Created attachment 1427153 [details] task page during import
Created attachment 1427154 [details] task page after import
Created attachment 1427155 [details] logs and configuration files
I reproduced this problem, This is happening because of the same job is executed by two different nodes.
this issue is fixed https://github.com/Tendrl/commons/pull/954
*** Bug 1576717 has been marked as a duplicate of this bug. ***
I did run script that discovered this issue 25x times (23x times the cluster was imported successfully) and this issue didn't appear. --> VERIFIED Tested with: tendrl-ansible-1.6.3-4.el7rhgs.noarch tendrl-api-1.6.3-3.el7rhgs.noarch tendrl-api-httpd-1.6.3-3.el7rhgs.noarch tendrl-commons-1.6.3-6.el7rhgs.noarch tendrl-grafana-plugins-1.6.3-4.el7rhgs.noarch tendrl-grafana-selinux-1.5.4-2.el7rhgs.noarch tendrl-monitoring-integration-1.6.3-4.el7rhgs.noarch tendrl-node-agent-1.6.3-6.el7rhgs.noarch tendrl-notifier-1.6.3-3.el7rhgs.noarch tendrl-selinux-1.5.4-2.el7rhgs.noarch tendrl-ui-1.6.3-3.el7rhgs.noarch
Created attachment 1455248 [details] 01 Import cluster fail
Created attachment 1455249 [details] 02 ImportCluster later passed
This issue is seen with following reproducer: 1. Change tendrl-node-devel repository baseurl to bad one 2. Start cluster import Cluster import fails for a while and looks as Failed (so user can run unmanage cluster and import it again as described in BZ 1570048) but after few minutes the job continues and finishes with succeed.

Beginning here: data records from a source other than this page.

//! The longest name that encloses two names.

ghost use Rattle.std.specs.Prelude.{◌≡◌, ◌≤◌, length, drop};
ghost use Rattle.dz_name.specs.Words.{Name};
ghost use Rattle.dz_name.specs.Name.{IsName, IsWithin};

use dz_name::NameRef;

/// The name after the first labels.
fn ancestor<'a>(name: &NameRef<'a>, skip: usize) -> NameRef<'a>
    requires { skip ≤ length name.now }
    ensures rest { result ≡ drop skip name.now }
    ensures name { IsName (drop skip name.now) }
{
    NameRef::of_wire(name.behind(skip))
}

/// The name after the first label.
fn above<'a>(name: &NameRef<'a>) -> NameRef<'a>
    requires { 1 ≤ length name.now }
    ensures { result ≡ drop 1 name.now }
{
    ancestor(name, 1)
}

/// How many first labels a name has before the longest name that encloses it and another one. It reads each label of the
/// two names once at most.
pub fn labels_apart(name: &NameRef, other: &NameRef) -> usize
    ensures within { result ≤ length name.now }
    ensures encloses { IsWithin other.now (drop result name.now) }
    ensures longest { (zone : Name) → IsWithin name.now zone → IsWithin other.now zone
        → IsWithin (drop result name.now) zone }
{
    let mut near = ancestor(name, 0);
    let mut far = ancestor(other, 0);
    let mut apart: usize = 0;
    // what encloses both is no longer than the shorter one
    'labels: while !near.same(&far) {
        if far.wire().len() <= near.wire().len() {
            near = above(&near);
            apart += 1;
        } else {
            far = above(&far);
        }
    }
    apart
}
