//! Laws of a core to which events happen, one after the other. Each is a contract without a call, so its body is
//! empty.

ghost use Rattle.dz_fleet.specs.Events.{ListOnlyGrows, ListStaysLegal, CoreStaysSound, CallsAreEvents};

/// Whatever happens, the list of taken transfers only grows: an entry stays where it is.
pub fn list_only_grows()
    ensures { ListOnlyGrows }
{}

/// Whatever can happen to the core of a configuration leaves a list that can come about.
pub fn list_stays_legal()
    ensures { ListStaysLegal }
{}

/// Whatever can happen to the core of a configuration leaves a sound core.
pub fn core_stays_sound()
    ensures { CoreStaysSound }
{}

/// Each call that changes a core is one of the events.
pub fn calls_are_events()
    ensures { CallsAreEvents }
{}
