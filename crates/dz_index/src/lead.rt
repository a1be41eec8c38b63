//! First octets of sort keys.

ghost use Rattle.std.specs.Prelude.{◌≡◌};
ghost use Rattle.dz_index.specs.Lead.{lead_of};

/// How many octets of a sort key are beside a name, where they tell most names apart.
pub const LEAD: usize = 16;

/// The first octets of a sort key, with zeros after them where they are few. Where those of two keys differ, the keys are
/// ordered as these are.
pub fn lead_of(octets: &[u8]) -> [u8; LEAD]
    ensures { result ≡ lead_of 16 octets.now }
{
    let mut lead = [0; LEAD];
    let count = octets.len().min(LEAD);
    lead[..count].copy_from_slice(&octets[..count]);
    lead
}
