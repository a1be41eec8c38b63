//! The core of the server.

ghost use Rattle.std.specs.Prelude.{◌≡◌, ◌≤◌, [], ◌∷◌, length, replicate, IfOk, option_map};
ghost use Rattle.std.specs.Option.{ForSome};
ghost use Rattle.dz_take.specs.Taken.{IsOfZone};
ghost use Rattle.dz_settings.specs.Config.{IsAllowed};
ghost use Rattle.dz_history.specs.State.{IsState, opened, held_at};
ghost use Rattle.dz_history.specs.declared.entry.Entry.TheVariants.{Setup};
ghost use Rattle.dz_timer.specs.Values.{fresh};
ghost use Rattle.dz_fleet.specs.Core.{Core, state_of, opened_core};
ghost use Rattle.dz_fleet.specs.Sound.{IsSound};
ghost use Rattle.dz_fleet.specs.Last.{last_of, IsRefreshed};
ghost use Rattle.dz_fleet.specs.inner.Kept.{IsSetup};

use crate::flight::Flying;
use dz_history::{Entry, History, Holdings};
use dz_member::Fold;
use dz_name::Name;
use dz_settings::Config;
use dz_table::Table;
use dz_timer::{Schedule, Values};
use dz_zone::Version;
use std::alloc::{AllocError, Global};
use std::marker::Model;
use std::snapshot::Snapshot;
use std::sync::Arc;

/// The core: the list of taken transfers, of which what it assigns and holds is kept; the jobs in flight; and what each
/// zone waits for. Contracts see the list, and each call is one event.
#[derive(Drop)]
pub struct Fleet {
    pub(crate) holdings: Holdings,
    pub(crate) schedule: Schedule,
    pub(crate) flying: Vec<Flying>,
    pub(crate) history: History,
    pub(crate) tickets: u64,
    // what is known of the last transfer
    pub(crate) last: Option<Last>,
}

/// The zone and the moment of the last transfer.
#[derive(Clone, Copy, Debug)]
pub struct Last {
    pub zone: Name,
    /// The moment of its job in seconds.
    pub moment: u64,
}

impl Model for Fleet {
    ghost use Rattle.std.specs.Prelude.{◌≡◌};
    ghost use Rattle.dz_fleet.specs.Core.{Core};
    ghost use Rattle.dz_fleet.specs.inner.Kept.{core_in, IsKept};
    ghost use Rattle.dz_fleet.specs.Last.{last_of};

    ghost Value = { Core };

    ghost view = { λ f. core_in f.history f.tickets f.flying.items f.schedule };

    ghost invariant = { λ f. IsKept f.holdings f.history f.tickets f.flying.items f.schedule × (f.last ≡ last_of f.history) };
}

impl Fleet {
    /// The core of a configuration: the list has the one entry, and each catalog is due. `AllocError` where memory runs
    /// out.
    pub fn start(alloc: Global, config: Config) -> Result<Fleet, AllocError>
        requires { IsAllowed config }
        ensures { IfOk result (λ f. f ≡ opened_core config) }
    {
        let schedule = beginning(alloc, config.catalogs().len())?;
        let entry = Entry::Setup(config);
        let history = listed(&entry);
        let holdings = Holdings::start(alloc, config_of(entry))?;
        Ok(Fleet {
            holdings,
            schedule,
            flying: Vec::with_capacity(alloc, 16)?,
            history,
            tickets: 0,
            last: None,
        })
    }

    /// The table of the members, which answers.
    pub fn table(&self) -> &Table
        ensures { result.now ≡ (state_of self.now).table }
    {
        self.holdings.table()
    }

    /// The same table, as it is shared.
    pub fn shared_table(&self) -> &Arc<Table>
        ensures { result.now.value ≡ (state_of self.now).table }
    {
        self.holdings.table()
    }

    /// The zone and the moment of the last entry, where it is a transfer.
    pub fn last(&self) -> Option<&Last>
        ensures last { option_map (λ r. r.now) result ≡ last_of self.now.list }
        ensures refreshed { ForSome (last_of self.now.list) (IsRefreshed (state_of self.now)) }
    {
        self.last.as_ref()
    }

    /// The members and the listings.
    pub fn fold(&self) -> &Fold
        ensures fold { result.now ≡ (state_of self.now).fold }
        ensures state { IsState (state_of self.now) }
    {
        self.holdings.fold()
    }

    /// The version that is held of a zone, as it is shared.
    pub fn held(&self, zone: &Name) -> Option<&Arc<Version>>
        ensures held { option_map (λ r. r.now.value) result ≡ held_at (state_of self.now) zone.now }
        ensures own { IsOfZone zone.now (held_at (state_of self.now) zone.now) }
    {
        self.holdings.held(zone)
    }

    /// How many entries the list has.
    pub fn count(&self) -> u64
        ensures count { result ≡ length self.now.list }
        ensures sound { IsSound self.now }
    {
        self.holdings.count()
    }
}

/// The list that has a configuration alone.
fn listed(entry: &Entry) -> History
    ensures { result ≡ entry.now ∷ [] }
{
    History::new().and(Snapshot::of(entry))
}

/// The configuration of the first entry.
fn config_of(entry: Entry) -> Config
    requires { IsSetup entry }
    ensures { Setup result ≡ entry }
{
    match entry {
        Entry::Setup(config) => config,
        Entry::Transfer(taken) => {
            drop(taken);
            unreachable!()
        }
    }
}

/// What the given number of zones that begin wait for. `AllocError` where memory runs out.
fn beginning(alloc: Global, count: usize) -> Result<Schedule, AllocError>
    requires { count ≤ 8 }
    ensures { IfOk result (λ schedule. schedule ≡ replicate count fresh) }
{
    let mut values = Vec::with_capacity(alloc, count)?;
    'zones: for _place in 0..count {
        values.push(Values::fresh())?;
    }
    Schedule::over(alloc, values)
}
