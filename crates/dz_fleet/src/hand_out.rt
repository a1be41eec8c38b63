//! Jobs that are handed out, and NOTIFY.

ghost use Rattle.std.specs.Prelude.{◌≡◌, ◌<◌, ◌^◌, nat_lt, Some, None, false, length, option_map, IfOk, IsSome};
ghost use Rattle.std.specs.List.{list_any};
ghost use Rattle.std.specs.Str.{bytes_eq};
ghost use Rattle.std.specs.Arc.{arc_value};
ghost use Rattle.dz_history.specs.State.{held_at, primaries_at};
ghost use Rattle.dz_fleet.specs.Quiet.{IsQuiet};
ghost use Rattle.dz_fleet.specs.Answers.{IsHanded};
ghost use Rattle.dz_fleet.specs.Values.{value_at};
ghost use Rattle.dz_fleet.specs.Core.{state_of, is_full, first_place, quiet_of, ask_of, primary_at, primaries_of};
ghost use Rattle.dz_fleet.specs.Core.{job_at, heard_of, after_notify};
ghost use Rattle.dz_fleet.specs.Answers.{IsDue};

use crate::due::{Due, Quiet};
use crate::fleet::Fleet;
use crate::flight::Flying;
use crate::places::{place_of, seat_at};
use dz_io::Peer;
use dz_job::{Flight, Job};
use dz_name::Name;
use dz_notify::Heard;
use dz_settings::{Key, Policy};
use dz_take::Ask;
use dz_zone::Version;
use std::alloc::AllocError;
use std::snapshot::Snapshot;
use std::sync::Arc;

/// How many jobs there are in flight at most.
pub(crate) const JOBS: usize = 16;

/// How many tickets there are.
pub(crate) const TICKETS: u64 = 18_446_744_073_709_551_614;

impl Fleet {
    /// Hands out the job of the zone that waits for the earliest moment, which is a number of seconds below 2^40.
    pub fn due(&mut self, now: u64) -> Due
        requires { now < 2 ^ 40 }
        ensures due { IsDue self.old now result self.new }
        ensures flying { IsHanded result self.new }
    {
        if self.is_full() {
            return Due::Full(self.quiet(now));
        }
        match self.schedule.first() {
            None => Due::Idle(self.quiet(now)),
            Some(place) => self.due_at(place, now),
        }
    }

    /// Whether no job is handed out, whatever is due.
    fn is_full(&self) -> bool
        ensures { result ≡ is_full self.now }
    {
        JOBS <= self.flying.len() || TICKETS <= self.tickets
    }

    /// Why no job is handed out.
    fn quiet(&self, now: u64) -> Quiet
        requires { IsQuiet (quiet_of self.now now) }
        ensures { result ≡ quiet_of self.now now }
    {
        let earliest = self.earliest();
        Quiet::new(
            self.holdings.count(),
            now,
            self.flying.len() as u8,
            self.tickets,
            earliest,
        )
    }

    /// The earliest moment for which a zone without a job in flight waits, in seconds; none where there is no such
    /// zone.
    fn earliest(&self) -> Option<u64>
        ensures { result ≡ option_map (λ place. (value_at self.now.values place).timing.next)
            (first_place self.now) }
    {
        match self.schedule.first() {
            Some(place) => Some(self.schedule.at(place).next()),
            None => None,
        }
    }

    /// Hands out the job of the zone at the first place, if it is due.
    fn due_at(&mut self, place: usize, now: u64) -> Due
        requires first { first_place self.old ≡ Some place }
        requires room { is_full self.old ≡ false }
        requires moment { now < 2 ^ 40 }
        ensures due { IsDue self.old now result self.new }
        ensures flying { IsHanded result self.new }
    {
        if now < self.schedule.at(place).next() {
            return Due::Idle(self.quiet(now));
        }
        match self.job_at(place, now) {
            Err(_) => Due::OutOfMemory,
            Ok(job) => self.hand_out(place, job),
        }
    }

    /// The job of the zone at a place. `AllocError` where memory runs out.
    fn job_at(&self, place: usize, now: u64) -> Result<Job, AllocError>
        requires place { place < length self.now.values }
        requires room { is_full self.now ≡ false }
        requires moment { now < 2 ^ 40 }
        ensures { IfOk result (λ job. job ≡ job_at self.now now place) }
    {
        let values = self.schedule.at(place);
        let (zone, incarnation) = seat_at(&self.holdings, place);
        let held = shared(self.holdings.held(&zone))?;
        let key = copied(self.holdings.key(&zone));
        let ticket = self.tickets + 1;
        let flight = Flight {
            ticket,
            zone,
            incarnation,
            ask: ask_of(&held, values.is_whole()),
            id: (ticket % 65_536) as u16,
            primary: self.primary(&zone, values.turn()),
            moment: now,
            entries: self.holdings.count(),
        };
        let job = Job::new(flight, held, key);
        Ok(prepared(job, self.holdings.policy(&zone)))
    }

    /// The primary of this number.
    fn primary(&self, zone: &Name, turn: u8) -> Peer
        requires there { IsSome (primaries_at (state_of self.now) zone.now) }
        requires turn { turn < primaries_of (state_of self.now) zone.now }
        ensures { result ≡ primary_at (primaries_at (state_of self.now) zone.now) turn }
    {
        match self.holdings.primaries(zone) {
            Some(peers) => peers.as_slice()[turn as usize],
            None => unreachable!(),
        }
    }

    /// Puts a job in flight, which is that of the zone at the first place.
    fn hand_out(&mut self, place: usize, job: Job) -> Due
        requires first { first_place self.old ≡ Some place }
        requires room { is_full self.old ≡ false }
        requires due { nat_lt job.flight.moment (value_at self.old.values place).timing.next
            ≡ false }
        requires job { job ≡ job_at self.old job.flight.moment place }
        ensures due { IsDue self.old job.flight.moment result self.new }
        ensures flying { IsHanded result self.new }
    {
        let flying = Flying {
            flight: *job.flight(),
            held: Snapshot::of(job.shared()),
            key: Snapshot::of(job.shared_key()),
            ended: None,
        };
        match self.flying.push(flying) {
            Ok(()) => {
                let values = self.schedule.at(place).departed();
                self.schedule.change(place, values);
                self.tickets += 1;
                Due::Job(job)
            }
            Err(_) => {
                job.close();
                Due::OutOfMemory
            }
        }
    }

    /// Hears a NOTIFY of a zone from a peer (RFC 1996 section 3.11).
    pub fn notify(&mut self, peer: &Peer, zone: &Name) -> Heard
        ensures heard { result ≡ heard_of self.old peer.now zone.now }
        ensures core { self.new ≡ after_notify self.old zone.now result }
    {
        let heard = self.hear(peer, zone);
        if let Heard::Taken = heard {
            self.wake(zone);
        }
        heard
    }

    /// How a NOTIFY of a zone from a peer is heard.
    fn hear(&self, peer: &Peer, zone: &Name) -> Heard
        ensures { result ≡ heard_of self.now peer.now zone.now }
    {
        match self.holdings.primaries(zone) {
            None => Heard::NotOurs,
            Some(peers) => {
                if has_address(peers.as_slice(), peer) {
                    Heard::Taken
                } else {
                    Heard::Stranger
                }
            }
        }
    }

    /// Makes a zone due at once, or as soon as its job in flight ends.
    fn wake(&mut self, zone: &Name)
        ensures { self.new ≡ after_notify self.old zone.now Heard.Taken }
    {
        if let Some(place) = place_of(&self.holdings, zone) {
            let values = self.schedule.at(place).notified();
            self.schedule.change(place, values);
        }
    }
}

/// Whether one of these peers has the address of a peer.
fn has_address(peers: &[Peer], peer: &Peer) -> bool
    ensures { result ≡ list_any (λ p. bytes_eq p.address peer.now.address) peers.now }
{
    peers.iter().any(|p| p.address == peer.address)
}

/// The same version, shared. `AllocError` where memory runs out.
fn shared(held: Option<&Arc<Version>>) -> Result<Option<Arc<Version>>, AllocError>
    ensures { IfOk result (λ version. option_map arc_value version
        ≡ option_map (λ r. r.now.value) held.entry) }
{
    match held {
        None => Ok(None),
        Some(version) => Ok(Some(Arc::try_clone(version)?)),
    }
}

/// A copy of the key.
fn copied(key: Option<&Key>) -> Option<Key>
    ensures { result ≡ option_map (λ r. r.now) key.entry }
{
    match key {
        None => None,
        Some(key) => Some(*key),
    }
}

/// Which form a job asks for: the whole zone where none is held or where it is wanted, and otherwise differences.
fn ask_of(held: &Option<Arc<Version>>, whole: bool) -> Ask
    ensures { result ≡ ask_of (option_map arc_value held.now) whole }
{
    match held {
        None => Ask::Axfr,
        Some(_) => { if whole { Ask::Axfr } else { Ask::Ixfr } }
    }
}

/// A job of a zone with this policy: one that asks for digests has them computed as its transfer ends.
fn prepared(job: Job, policy: Option<Policy>) -> Job
    ensures { result ≡ job }
{
    match policy {
        None | Some(Policy::Off) => job,
        Some(Policy::Present | Policy::Require) => job.digesting(),
    }
}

Cluster looks as imported in UI but tendrl-gluster-integration is not installed on the node with error. This behaviour is visible in attachments 1455248 and 1455249. --> ASSIGNED Tested with: tendrl-ansible-1.6.3-5.el7rhgs.noarch tendrl-api-1.6.3-3.el7rhgs.noarch tendrl-api-httpd-1.6.3-3.el7rhgs.noarch tendrl-commons-1.6.3-7.el7rhgs.noarch tendrl-grafana-plugins-1.6.3-5.el7rhgs.noarch tendrl-grafana-selinux-1.5.4-2.el7rhgs.noarch tendrl-monitoring-integration-1.6.3-5.el7rhgs.noarch tendrl-node-agent-1.6.3-7.el7rhgs.noarch tendrl-notifier-1.6.3-4.el7rhgs.noarch tendrl-selinux-1.5.4-2.el7rhgs.noarch tendrl-ui-1.6.3-4.el7rhgs.noarch
Pr is under review https://github.com/Tendrl/commons/pull/1016 Last time i had this new change in PR but last minute confusion I removed this change from my PR :)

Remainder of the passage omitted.